● AIM OF THE TASK
Print every line of the data word for word.

(Beginning of INPUT MATERIAL)

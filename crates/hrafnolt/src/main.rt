// Reads a file from standard input to its end, judges it, and prints one line (document 01).
#![tactic(auto)]

ghost use Rattle.std.specs.Prelude.{◌≡◌, ◌++◌, ◌∷◌, ◌+◌, ◌≤◌, length, take, IfOk};
ghost use Rattle.io.specs.Counts.{IsPrefixLen};
ghost use Rattle.verdict.specs.Judge.{Verdict as Judge-as-Verdict};
ghost use Rattle.verdict.specs.Answers.{in_c, with_record};
ghost use Rattle.drawing.specs.Text.{letters};
ghost use Rattle.drawing.specs.Runs.{StepInRange};
ghost use Rattle.hrafnolt.specs.Line.{Numbered, LineOf, word_of, step_in, StepKnown, said};

use drawing::put::put;
use drawing::step_letters;
use judge::judge;
use machine_pws::Step;
use std::env::FillError;
use std::io::{Read, Result};
use std::rt::Env;
use verdict::answer::Verdict;

// Room for the longest input that is judged, and one byte more.
fn input_buffer() -> [u8; 65537]
    ensures { 65537 ≡ length result }
{
    [0; 65537]
}

// It holds the offsets of 4,096 entries, and 65,536 bytes hold no more.
fn work_area() -> [u8; 65536]
    ensures { 65536 ≡ length result }
{
    [0; 65536]
}

// ---- the line

// A space, and n in decimal.
fn put_number(line: &mut [u8], at: usize, n: u64) -> usize
    requires { at + 21 ≤ length line.old }
    ensures upper_bound { result ≤ at + 21 }
    ensures numbered { Numbered (take at line.old) n (take result line.new) }
{
    let digits_at = put(line, at, b" ");
    let mut text = [0u8; 20];
    let k = io::decimal(n, &mut text);
    put(line, digits_at, &text[..k])
}

// (a) the kinds are numbers of C's struct.
fn put_word(line: &mut [u8], kind: u64) -> usize
    requires { 64 ≤ length line.old }
    ensures upper_bound { result ≤ 9 }
    ensures line_after { take result line.new ≡ word_of kind }
{
    match kind {
        0 => put(line, 0, b"safe"),
        1 => put(line, 0, b"reachable"),
        3 => put(line, 0, b"pso"),
        _ => put(line, 0, b"refused"),
    }
}

fn step_of(verdict: Verdict) -> Step
    ensures { result ≡ step_in verdict }
{
    match verdict.step_kind {
        0x20 => Step::Take {
            transition: verdict.step_first as usize,
        },
        0x21 => Step::Serialise {
            process: verdict.step_first as usize,
            variable: verdict.step_second as usize,
        },
        _ => Step::Update {
            process: verdict.step_first as usize,
        },
    }
}

// A space, and a step in its letters.
fn put_step(line: &mut [u8], at: usize, step: Step) -> usize
    requires { at + 6 ≤ length line.old }
    ensures upper_bound { result ≤ at + 6 }
    ensures line_after { StepInRange step → take result line.new ≡ take at line.old ++ (32 ∷ letters step) }
{
    let letters_at = put(line, at, b" ");
    let mut text = [0u8; 5];
    let k = step_letters(step, &mut text);
    put(line, letters_at, &text[..k])
}

// The line of a verdict stands at the start, and its length is handed back.
fn put_line(line: &mut [u8], verdict: Verdict) -> usize
    requires { 64 ≤ length line.old }
    ensures prefix_len { IsPrefixLen result line.new }
    ensures line_of { (v : Judge-as-Verdict) → with_record verdict 0 0 0 ≡ in_c v → StepKnown v → LineOf v (take result line.new) }
{
    let word = put_word(line, verdict.kind);
    let first = put_number(line, word, verdict.first);
    if verdict.kind == 0 {
        return put(line, first, b"\n");
    }
    let second = put_number(line, first, verdict.second);
    if verdict.step_kind == 0 {
        return put(line, second, b"\n");
    }
    let third = put_step(line, second, step_of(verdict));
    put(line, third, b"\n")
}

// The line for an input, of which there may be any number of bytes.
fn line_for(input: &[u8], line: &mut [u8]) -> usize
    requires { 64 ≤ length line.old }
    ensures prefix_len { IsPrefixLen result line.new }
    ensures line_of { LineOf (said input.now) (take result line.new) }
{
    if input.len() > 65536 {
        return put_line(
            line,
            Verdict {
                kind: 2,
                first: 14,
                second: 65536,
                step_kind: 0,
                step_first: 0,
                step_second: 0,
                record_file: 0,
                record_at: 0,
                record_length: 0,
            },
        );
    }
    let mut work = work_area();
    let verdict = judge(input, &mut work);
    put_line(line, verdict)
}

// ---- the program

// Is there an argument beside the program's name, be it empty, long or no text?
fn has_argument(rt: &impl Env) -> bool {
    let mut name = [0u8; 1];
    !matches!(rt.arg(1, &mut name), Err(FillError::NotPresent))
}

// Reads until the buffer is full or the input ends. A read that fails is not the input's end.
// (d) std's read_exact would say less: how much was read is lost where the input ends early.
fn read_full<R: Read>(reader: &mut R, buf: &mut [u8]) -> Result<usize>
    ensures { IfOk result (λ n. IsPrefixLen n buf.new) }
{
    let mut done = 0;
    while done < buf.len() {
        let n = reader.read(&mut buf[done..])?;
        if n == 0 {
            break;
        }
        done += n;
    }
    Ok(done)
}

fn main(rt: HostRuntime) {
    // whoever names a file would wait for a verdict on it
    if has_argument(&rt) {
        let _ = rt.eprintln("usage: hrafnolt <FILE (it takes no argument; hrafnolt-files does)");
        return;
    }
    let mut stdin = rt.stdin();
    let mut input = input_buffer();
    let n = match read_full(&mut stdin, &mut input) {
        Ok(n) => n,
        // a read that failed is not the input's end, and what was read until then is not judged
        Err(_) => return,
    };
    // the input's end is where a read gives no byte, twice
    let mut more = [0u8; 1];
    if n <= 65536 {
        match stdin.read(&mut more) {
            Ok(0) => {}
            _ => return,
        }
    }
    let mut line = [0u8; 64];
    let k = line_for(&input[..n], &mut line);
    let _ = rt.write_all(&line[..k]);
}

(End of INPUT MATERIAL)

● TASK OUTPUT
filename crates/hrafnolt/src/main.rt
// Reads a file from standard input to its end, judges it, and prints one line (document 01).
#![tactic(auto)]

ghost use Rattle.std.specs.Prelude.{◌≡◌, ◌++◌, ◌∷◌, ◌+◌, ◌≤◌, length, take, IfOk};
ghost use Rattle.io.specs.Counts.{IsPrefixLen};
ghost use Rattle.verdict.specs.Judge.{Verdict as Judge-as-Verdict};
ghost use Rattle.verdict.specs.Answers.{in_c, with_record};
ghost use Rattle.drawing.specs.Text.{letters};
ghost use Rattle.drawing.specs.Runs.{StepInRange};
ghost use Rattle.hrafnolt.specs.Line.{Numbered, LineOf, word_of, step_in, StepKnown, said};

use drawing::put::put;
use drawing::step_letters;
use judge::judge;
use machine_pws::Step;
use std::env::FillError;
use std::io::{Read, Result};
use std::rt::Env;
use verdict::answer::Verdict;

// Room for the longest input that is judged, and one byte more.
fn input_buffer() -> [u8; 65537]
    ensures { 65537 ≡ length result }
{
    [0; 65537]
}

// It holds the offsets of 4,096 entries, and 65,536 bytes hold no more.
fn work_area() -> [u8; 65536]
    ensures { 65536 ≡ length result }
{
    [0; 65536]
}

// ---- the line

// A space, and n in decimal.
fn put_number(line: &mut [u8], at: usize, n: u64) -> usize
    requires { at + 21 ≤ length line.old }
    ensures upper_bound { result ≤ at + 21 }
    ensures numbered { Numbered (take at line.old) n (take result line.new) }
{
    let digits_at = put(line, at, b" ");
    let mut text = [0u8; 20];
    let k = io::decimal(n, &mut text);
    put(line, digits_at, &text[..k])
}

// (a) the kinds are numbers of C's struct.
fn put_word(line: &mut [u8], kind: u64) -> usize
    requires { 64 ≤ length line.old }
    ensures upper_bound { result ≤ 9 }
    ensures line_after { take result line.new ≡ word_of kind }
{
    match kind {
        0 => put(line, 0, b"safe"),
        1 => put(line, 0, b"reachable"),
        3 => put(line, 0, b"pso"),
        _ => put(line, 0, b"refused"),
    }
}

fn step_of(verdict: Verdict) -> Step
    ensures { result ≡ step_in verdict }
{
    match verdict.step_kind {
        0x20 => Step::Take {
            transition: verdict.step_first as usize,
        },
        0x21 => Step::Serialise {
            process: verdict.step_first as usize,
            variable: verdict.step_second as usize,
        },
        _ => Step::Update {
            process: verdict.step_first as usize,
        },
    }
}

// A space, and a step in its letters.
fn put_step(line: &mut [u8], at: usize, step: Step) -> usize
    requires { at + 6 ≤ length line.old }
    ensures upper_bound { result ≤ at + 6 }
    ensures line_after { StepInRange step → take result line.new ≡ take at line.old ++ (32 ∷ letters step) }
{
    let letters_at = put(line, at, b" ");
    let mut text = [0u8; 5];
    let k = step_letters(step, &mut text);
    put(line, letters_at, &text[..k])
}

// The line of a verdict stands at the start, and its length is handed back.
fn put_line(line: &mut [u8], verdict: Verdict) -> usize
    requires { 64 ≤ length line.old }
    ensures prefix_len { IsPrefixLen result line.new }
    ensures line_of { (v : Judge-as-Verdict) → with_record verdict 0 0 0 ≡ in_c v → StepKnown v → LineOf v (take result line.new) }
{
    let word = put_word(line, verdict.kind);
    let first = put_number(line, word, verdict.first);
    if verdict.kind == 0 {
        return put(line, first, b"\n");
    }
    let second = put_number(line, first, verdict.second);
    if verdict.step_kind == 0 {
        return put(line, second, b"\n");
    }
    let third = put_step(line, second, step_of(verdict));
    put(line, third, b"\n")
}

// The line for an input, of which there may be any number of bytes.
fn line_for(input: &[u8], line: &mut [u8]) -> usize
    requires { 64 ≤ length line.old }
    ensures prefix_len { IsPrefixLen result line.new }
    ensures line_of { LineOf (said input.now) (take result line.new) }
{
    if input.len() > 65536 {
        return put_line(
            line,
            Verdict {
                kind: 2,
                first: 14,
                second: 65536,
                step_kind: 0,
                step_first: 0,
                step_second: 0,
                record_file: 0,
                record_at: 0,
                record_length: 0,
            },
        );
    }
    let mut work = work_area();
    let verdict = judge(input, &mut work);
    put_line(line, verdict)
}

// ---- the program

// Is there an argument beside the program's name, be it empty, long or no text?
fn has_argument(rt: &impl Env) -> bool {
    let mut name = [0u8; 1];
    !matches!(rt.arg(1, &mut name), Err(FillError::NotPresent))
}

// Reads until the buffer is full or the input ends. A read that fails is not the input's end.
// (d) std's read_exact would say less: how much was read is lost where the input ends early.
fn read_full<R: Read>(reader: &mut R, buf: &mut [u8]) -> Result<usize>
    ensures { IfOk result (λ n. IsPrefixLen n buf.new) }
{
    let mut done = 0;
    while done < buf.len() {
        let n = reader.read(&mut buf[done..])?;
        if n == 0 {
            break;
        }
        done += n;
    }
    Ok(done)
}

fn main(rt: HostRuntime) {
    // whoever names a file would wait for a verdict on it
    if has_argument(&rt) {
        let _ = rt.eprintln("usage: hrafnolt <FILE (it takes no argument; hrafnolt-files does)");
        return;
    }
    let mut stdin = rt.stdin();
    let mut input = input_buffer();
    let n = match read_full(&mut stdin, &mut input) {
        Ok(n) => n,
        // a read that failed is not the input's end, and what was read until then is not judged
        Err(_) => return,
    };
    // the input's end is where a read gives no byte, twice
    let mut more = [0u8; 1];
    if n <= 65536 {
        match stdin.read(&mut more) {
            Ok(0) => {}
            _ => return,
        }
    }
    let mut line = [0u8; 64];
    let k = line_for(&input[..n], &mut line);
    let _ = rt.write_all(&line[..k]);
}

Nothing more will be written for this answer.